[Data items]
%%

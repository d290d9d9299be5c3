// Reading a source to its end, and writing all of some bytes.
ghost use Rattle.std.specs.Prelude.{◌≡◌, ◌≢◌, ◌≤◌, ◌<◌, ◌-◌, Err, List, ℕ, length, IfOk, IfSome, OnOk, OnErr, IsErrOf, Some};
ghost use Rattle.std.specs.Io.KnownBytes.{Appends, IsAtEnd};
ghost use Rattle.gw_base.specs.declared.outside.WriteStop.TheVariants.{Memory as memory_stop};
ghost use Rattle.gw_base.specs.declared.whole.ReadAll.TheVariants.{Memory as no_memory};
ghost use Rattle.gw_base.specs.Outside.{Rose, HasWriteCause};
ghost use Rattle.gw_base.specs.Whole.{AppendsFront};

use crate::outside::{Sink, Source, WriteStop};
use std::alloc::{AllocError, AllocFailed, Global};

/// Why a source was not read to its end.
#[derive(Clone, Copy, Debug, PartialEq, Eq)]
pub enum ReadAll {
    /// More bytes stand than the limit.
    TooLong,
    /// A read failed: the count of the source's faults rose.
    Fault,
    /// Memory is wanting.
    Memory,
}

impl From<AllocError> for ReadAll {
    ghost from_gives = { λ _ e. e ≡ no_memory };

    fn from(_: AllocError) -> Self {
        ReadAll::Memory
    }
}

/// The most bytes that are asked for at a time.
const CHUNK: usize = 4096;

/// The whole input, to its end, where it is at most `limit` bytes long.
pub fn read_all<S: Source>(alloc: Global, source: &mut S, limit: usize) -> Result<Vec<u8>, ReadAll>
    ensures whole { IfOk result (λ v. IfSome (S.left source.old) (λ bytes. v.items ≡ bytes)) }
    ensures end { OnOk result (IsAtEnd (S.left source.new)) }

    // TooLong comes exactly where more than `limit` bytes stand, and no read failed before.
    ensures within { IfOk result (λ v. length v.items ≤ limit) }
    ensures too_long { IsErrOf result ReadAll.TooLong → IfSome (S.left source.old) (λ bytes. limit < length bytes) }
    ensures fault { IsErrOf result ReadAll.Fault → Rose (S.faults source.old) (S.faults source.new) }
    ensures later { S.faults source.old ≤ S.faults source.new }

    // The count of faults rises in no other case.
    ensures kept { (result ≢ Err ReadAll.Fault) → S.faults source.new ≡ S.faults source.old }
    ensures beside { S.beside source.new ≡ S.beside source.old }
{
    let mut out = Vec::new(alloc);
    let mut buf = [0u8; CHUNK];
    for _ in 0..u64::MAX {
        let Ok(n) = source.read(&mut buf) else {
            return Err(ReadAll::Fault);
        };
        if n == 0 {
            return Ok(out);
        }
        if n > limit - out.len() {
            return Err(ReadAll::TooLong);
        }
        out.extend_from_slice(&buf[..n])?;
    }
    // Each turn took a byte, and a `Vec` has fewer than 2^63.
    unreachable!()
}

/// Writes all of the bytes, or a front of them where a write is refused.
pub fn write_all<K: Sink>(sink: &mut K, bytes: &[u8]) -> Result<(), WriteStop>
    ensures all { OnOk result (Appends (K.written sink.old) (K.written sink.new) bytes.now) }
    ensures front { AppendsFront (K.written sink.old) (K.written sink.new) bytes.now }
    ensures cause { HasWriteCause (K.faults sink.old) (K.faults sink.new) result }
    ensures beside { K.beside sink.new ≡ K.beside sink.old }
{
    let mut rest = bytes;
    while !rest.is_empty() {
        let n = sink.write(rest)?;
        rest = &rest[n..];
    }
    Ok(())
}
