// Which texts a pattern covers: one scan of the text, with a place to return to.
ghost use Rattle.std.specs.Prelude.{◌≡◌, ◌∷◌, [], ◌≤◌, length, None, Some, IfSome, MatchOption};
ghost use Rattle.std.specs.Str.{chars};
ghost use Rattle.policy_core.specs.Patterns as says;
ghost use Rattle.policy_core.specs.Views.{same_of};

/// How characters are compared.
#[derive(Clone, Copy)]
pub enum Case {
    /// As they are.
    Exact,
    /// Without regard to ASCII case.
    Ignored,
}

/// Whether the pattern covers the text: `*` any run of characters, `?` any one. It looks at no more
/// pairs of characters than the product of the two lengths.
pub fn covers(case: Case, pattern: &str, text: &str) -> bool
    ensures { result ≡ says.covers (same_of case) (chars pattern.now) (chars text.now) }
{
    let Some(mut left) = after_run(case, pattern, text) else {
        return false;
    };
    while let Some(rest) = behind_star(left.0) {
        let Some(next) = first_place(case, rest, left.1) else {
            return false;
        };
        left = next;
    }
    true
}

/// Behind a star: what is left of the pattern and of the text at the first place where the pattern
/// up to its next star, or to its end, takes the text there.
fn first_place<'a>(case: Case, pattern: &'a str, text: &'a str) -> Option<(&'a str, &'a str)>
    ensures value { MatchOption result (says.first_place (same_of case) (chars pattern.now) (chars text.now) ≡ None) (λ p. says.first_place (same_of case) (chars pattern.now) (chars text.now) ≡ Some (chars p.0.now, chars p.1.now)) }
{
    let mut place = text;
    loop {
        if let Some(left) = after_run(case, pattern, place) {
            return Some(left);
        }
        place = next_char(place)?.1;
    }
}

/// What is left of both where the pattern up to its next star takes the text at the front, or, where
/// no star follows, all of it.
fn after_run<'a>(case: Case, pattern: &'a str, text: &'a str) -> Option<(&'a str, &'a str)>
    ensures value { MatchOption result (says.after_run (same_of case) (chars pattern.now) (chars text.now) ≡ None) (λ p. says.after_run (same_of case) (chars pattern.now) (chars text.now) ≡ Some (chars p.0.now, chars p.1.now)) }
{
    let mut pattern = pattern;
    let mut text = text;
    while let Some((c, more)) = next_char(pattern) {
        if c == '*' {
            return Some((pattern, text));
        }
        let (d, rest) = next_char(text)?;
        if !takes(case, c, d) {
            return None;
        }
        pattern = more;
        text = rest;
    }
    if next_char(text).is_none() {
        Some((pattern, text))
    } else {
        None
    }
}

/// What follows the star, where one stands at the front of a pattern.
fn behind_star(pattern: &str) -> Option<&str>
    ensures { MatchOption result (says.behind_star (chars pattern.now) ≡ None) (λ rest. says.behind_star (chars pattern.now) ≡ Some (chars rest.now)) }
{
    let (c, rest) = next_char(pattern)?;
    if c == '*' { Some(rest) } else { None }
}

/// Whether a character of a pattern, other than the star, takes one of the text.
fn takes(case: Case, c: char, d: char) -> bool
    ensures { result ≡ says.takes (same_of case) c d }
{
    c == '?' || same(case, c, d)
}

fn same(case: Case, c: char, d: char) -> bool
    ensures { result ≡ same_of case c d }
{
    match case {
        Case::Exact => c == d,
        Case::Ignored => c.eq_ignore_ascii_case(&d),
    }
}

/// The first character, and what follows it.
fn next_char(text: &str) -> Option<(char, &str)>
    ensures { MatchOption result (chars text.now ≡ []) (λ p. chars text.now ≡ p.0 ∷ chars p.1.now) }
{
    let mut chars = text.chars();
    let c = chars.next()?;
    Some((c, chars.as_str()))
}
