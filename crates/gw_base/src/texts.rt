// A text and bytes, each seen by contracts as what it holds.
ghost use Rattle.std.specs.Prelude.{◌≡◌, ◌==◌, ◌<◌, ◌^◌, length, List, ℕ, IfOk};
ghost use Rattle.std.specs.String.{string_bytes};

use crate::outside::Memory;
use std::alloc::Global;
use std::marker::Model;

/// A `String`, which a contract sees as its bytes.
#[derive(Drop)]
pub struct Text {
    inner: String,
}

impl Model for Text {
    ghost Value = { List ℕ };

    ghost view = { λ t. string_bytes t.inner };
}

impl Text {
    /// Wraps a string, without memory.
    pub fn of(inner: String) -> Self
        ensures { result ≡ string_bytes inner }
    {
        Text { inner }
    }

    /// The string, without memory.
    pub fn into_inner(self) -> String
        ensures { string_bytes result ≡ self }
    {
        let Text { inner } = self;
        inner
    }

    /// The text, lent.
    pub fn as_str(&self) -> &str
        ensures { result.now ≡ self.now }
    {
        self.inner.as_str()
    }

    /// Its length in bytes.
    pub fn len(&self) -> usize
        ensures value { result ≡ length self.now }
        ensures small { result < 2 ^ 63 }
    {
        self.inner.len()
    }

    /// Whether it has no byte.
    pub fn is_empty(&self) -> bool
        ensures { result ≡ (length self.now == 0) }
    {
        self.inner.is_empty()
    }

    /// The same text once more.
    pub fn copy(&self, alloc: Global) -> Result<Self, Memory>
        ensures { IfOk result (λ other. other ≡ self.now) }
    {
        Ok(Text {
            inner: String::from_str(alloc, self.as_str())?,
        })
    }
}

/// A `Vec<u8>`, which a contract sees as its list.
#[derive(Drop)]
pub struct Bytes {
    inner: Vec<u8>,
}

impl Model for Bytes {
    ghost Value = { List ℕ };

    ghost view = { λ b. b.inner.items };
}

impl Bytes {
    /// Wraps a vector, without memory.
    pub fn of(inner: Vec<u8>) -> Self
        ensures { result ≡ inner.items }
    {
        Bytes { inner }
    }

    /// The vector, without memory.
    pub fn into_inner(self) -> Vec<u8>
        ensures { result.items ≡ self }
    {
        let Bytes { inner } = self;
        inner
    }

    /// The bytes, lent.
    pub fn as_slice(&self) -> &[u8]
        ensures { result.now ≡ self.now }
    {
        self.inner.as_slice()
    }

    /// The same bytes once more.
    pub fn copy(&self, alloc: Global) -> Result<Self, Memory>
        ensures { IfOk result (λ other. other ≡ self.now) }
    {
        Ok(Bytes {
            inner: Vec::from_slice(alloc, self.as_slice())?,
        })
    }
}
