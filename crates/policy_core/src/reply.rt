// The reader that callers see.
ghost use Rattle.std.specs.Prelude.{◌≡◌, ◌<◌, length, IfOk, IsErrOf, MatchResult};
ghost use Rattle.policy_core.specs.declared.policy.Policy.{Policy as PolicyOf};
ghost use Rattle.policy_core.specs.Forms.{States};
ghost use Rattle.policy_core.specs.Reading.{limit, malformed as malformed_of, reply_of};
ghost use Rattle.policy_core.specs.Views.{Gives};

use crate::fault::PolicyFault;
use crate::judge::reply_fault;
use crate::parts::policy_of;
use crate::policy::Policy;
use json_subset::{Json, JsonFault};
use std::alloc::Global;

/// The most bytes of a reply.
pub const LIMIT: usize = 65_536;

/// The reader of authorizers' replies.
pub struct AuthReply;

impl AuthReply {
    /// Reads an authorizer's reply as its policy.
    ///
    /// # Errors
    ///
    /// - [`PolicyFault::Malformed`] at the first fault of the reply, or at [`LIMIT`], before all else,
    ///   where the reply has more bytes.
    /// - [`PolicyFault::Memory`] where there is no memory for the policy.
    #[tactic(auto, unfolding(crate::specs::Reading::reply_of, crate::specs::Reading::limit))]
    pub fn read(alloc: Global, bytes: &[u8]) -> Result<Policy, PolicyFault>
        // What is read is a policy, and what is a policy is read, but for want of memory.
        ensures stated { IfOk result (λ policy. States bytes.now policy) }
        ensures only { (policy : PolicyOf) → States bytes.now policy → MatchResult result (λ read. read ≡ policy) (λ fault. fault ≡ PolicyFault.Memory) }

        // A reply that is too long is told before all else.
        ensures too_long { limit < length bytes.now → IsErrOf result (PolicyFault.Malformed limit) }

        // The same by the definition of the first fault.
        ensures gives { Gives result (reply_of bytes.now) }
    {
        if bytes.len() > LIMIT {
            return Err(PolicyFault::Malformed(LIMIT));
        }
        let doc = match Json::read(alloc, bytes) {
            Ok(doc) => doc,
            Err(fault) => return Err(malformed(fault)),
        };
        if let Some(at) = reply_fault(&doc, doc.root()) {
            return Err(PolicyFault::Malformed(at));
        }
        match policy_of(alloc, &doc, doc.root()) {
            Ok(policy) => Ok(policy),
            Err(_) => Err(PolicyFault::Memory),
        }
    }
}

/// A reply that is no JSON document is malformed at that fault.
fn malformed(fault: JsonFault) -> PolicyFault
    ensures { result ≡ malformed_of fault }
{
    match fault {
        JsonFault::Syntax(at)
        | JsonFault::Depth(at)
        | JsonFault::Repeated(at)
        | JsonFault::NotUtf8(at) => PolicyFault::Malformed(at),
        JsonFault::Memory => PolicyFault::Memory,
    }
}
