// The inside of a list or range.
#[cycle(exprs)]
#[tactic(auto, using(crate::proofs::Trees::keeps_trans))]
fn read_list<'a>(
    alloc: Global,
    names: &Names,
    arena: &mut Arena,
    inner: u32,
    bs: &'a [u8],
) -> Result<(usize, &'a [u8]), ReadError>
    ensures gives { Gives (λ p. (expr_of arena.new.exprs p.0, p.1.now)) result (list_in (reader_of names.now (inside names.now inner)) (taken_of 93 bs.now)) }
    ensures kept { OnOk result (Keeps arena.old arena.new) }
    ensures stands { IfOk result (λ p. p.0 < length arena.new.exprs) }
{
    let (is_empty, rest) = taken(b']', bs);
    if is_empty {
        return close_list(arena, Vec::new(alloc), rest);
    }
    let (first, rest) = match read_rank(alloc, names, arena, inner, 6, How::Ranging, rest) {
        Ok(p) => p,
        Err(e) => return Err(e),
    };
    read_behind_first(alloc, names, arena, inner, first, white(rest))
}

// Behind the first element of a list or range.
#[cycle(exprs)]
#[tactic(auto, using(crate::proofs::Trees::keeps_trans))]
fn read_behind_first<'a>(
    alloc: Global,
    names: &Names,
    arena: &mut Arena,
    inner: u32,
    first: usize,
    bs: &'a [u8],
) -> Result<(usize, &'a [u8]), ReadError>
    requires stands { first < length arena.old.exprs }
    ensures gives { Gives (λ p. (expr_of arena.new.exprs p.0, p.1.now)) result (list_on (reader_of names.now (inside names.now inner)) (expr_of arena.old.exprs first) (taken_of 46 bs.now)) }
    ensures kept { OnOk result (Keeps arena.old arena.new) }
    ensures stands { IfOk result (λ p. p.0 < length arena.new.exprs) }
{
    let (is_range, rest) = taken(b'.', bs);
    if is_range {
        return read_range(alloc, names, arena, inner, first, rest);
    }
    let (ids, rest) = match read_elements(alloc, names, arena, inner, first, rest) {
        Ok(p) => p,
        Err(e) => return Err(e),
    };
    close_list(arena, ids, rest)
}
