/// Takes an event at this place. An `Err` changes nothing.
pub fn take<K: Keeper>(
    current: &mut Current,
    keeper: &mut K,
    alloc: Global,
    place: u64,
    event: &Event,
) -> Result<Taken, Memory>
    requires ready { AreReady current.old.tables.lists current.old.ready }
    requires fits { AreFit current.old.tables.lists current.old.latest }
    requires told { IfSome (K.facts keeper.old).tables (λ lists. lists ≡ current.old.tables.lists) }
    requires nothing_staged { (K.facts keeper.old).staged ≡ [] }
    ensures reply { (happened : List Happening) → Remembers happened place current.old.policies
        → IfOk result (λ taken. taken.reply ≡ told (is_some (row_of (standing happened current.old) event.now)) (outcome_of (standing happened current.old) place event.now).reply taken.kept) }
    ensures stands { (happened : List Happening) (seat : ℕ)
        → IfOk result (λ taken. standing (happened_behind (standing happened current.old) event.now) current.new ≡ after (standing happened current.old) (record { seat = seat; event = event.now; kept = taken.kept })) }
    ensures remembers { (happened : List Happening) → Remembers happened place current.old.policies
        → OnOk result (Remembers (happened_behind (standing happened current.old) event.now) (place + 1) current.new.policies) }
    ensures keeper { (happened : List Happening) → IfOk result (λ taken. Went (rewrites event.now) (row_of (standing happened current.old) event.now) taken.kept (K.facts keeper.old) (K.facts keeper.new)) }
    ensures ready { AreReady current.new.tables.lists current.new.ready }
    ensures err { (happened : List Happening) → OnErr result (standing happened current.new ≡ standing happened current.old) }
    ensures unchanged { OnErr result (current.new.policies ≡ current.old.policies) }
    ensures stays { OnErr result (Stays (K.facts keeper.old) (K.facts keeper.new)) }
    ensures memory { (happened : List Happening) → Remembers happened place current.old.policies
        → OnErr result (wants_memory K.IN_PLACE event.now (outcome_of (standing happened current.old) place event.now) ≡ true) }
{
    match event {
        Event::Enter {
            moment,
            word,
            api,
            stage,
        } => {
            let at = time(current, *moment);
            let entering = Entering {
                place,
                at,
                word: *word,
            };
            let reply = enter(&current.tables, &current.ready, entering, api, stage)?;
            current.latest = at;
            Ok(Taken { reply, kept: true })
        }
        Event::Recall { moment, name } => {
            let at = time(current, *moment);
            let reply = recall(&current.policies, name, at)?;
            current.latest = at;
            Ok(Taken { reply, kept: true })
        }
        Event::Learn {
            moment,
            name,
            policy,
            ttl,
        } => {
            let at = time(current, *moment);
            let learning = Learning {
                place,
                at,
                ttl: *ttl,
            };
            learn(&mut current.policies, alloc, learning, name, policy)?;
            current.latest = at;
            Ok(Taken {
                reply: Reply::Learned,
                kept: true,
            })
        }
        Event::Admit {
            moment,
            api,
            stage,
            value,
        } => {
            let at = time(current, *moment);
            let stage = (api.as_str(), stage.as_str());
            let prepared = admit(&current.tables, &current.ready, at, stage, value.as_str());
            let taken = carry_out(current, keeper, alloc, prepared)?;
            current.latest = at;
            Ok(taken)
        }
        Event::Admin { moment, command } => {
            let at = time(current, *moment);
            let taken = administer(current, keeper, alloc, place, at, command)?;
            current.latest = at;
            if let Command::Shutdown = command {
                current.closing = true;
            }
            Ok(taken)
        }
        Event::Leave { .. } => Ok(Taken {
            reply: Reply::Left {
                closing: current.closing,
            },
            kept: true,
        }),
    }
}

%%

Prompt >> Show the lines of the entries that include the string "HasWriteCause", copying each in full.

Answer box >>
ghost use Rattle.gw_base.specs.Outside.{Rose, HasWriteCause};
    ensures cause { HasWriteCause (K.faults sink.old) (K.faults sink.new) result }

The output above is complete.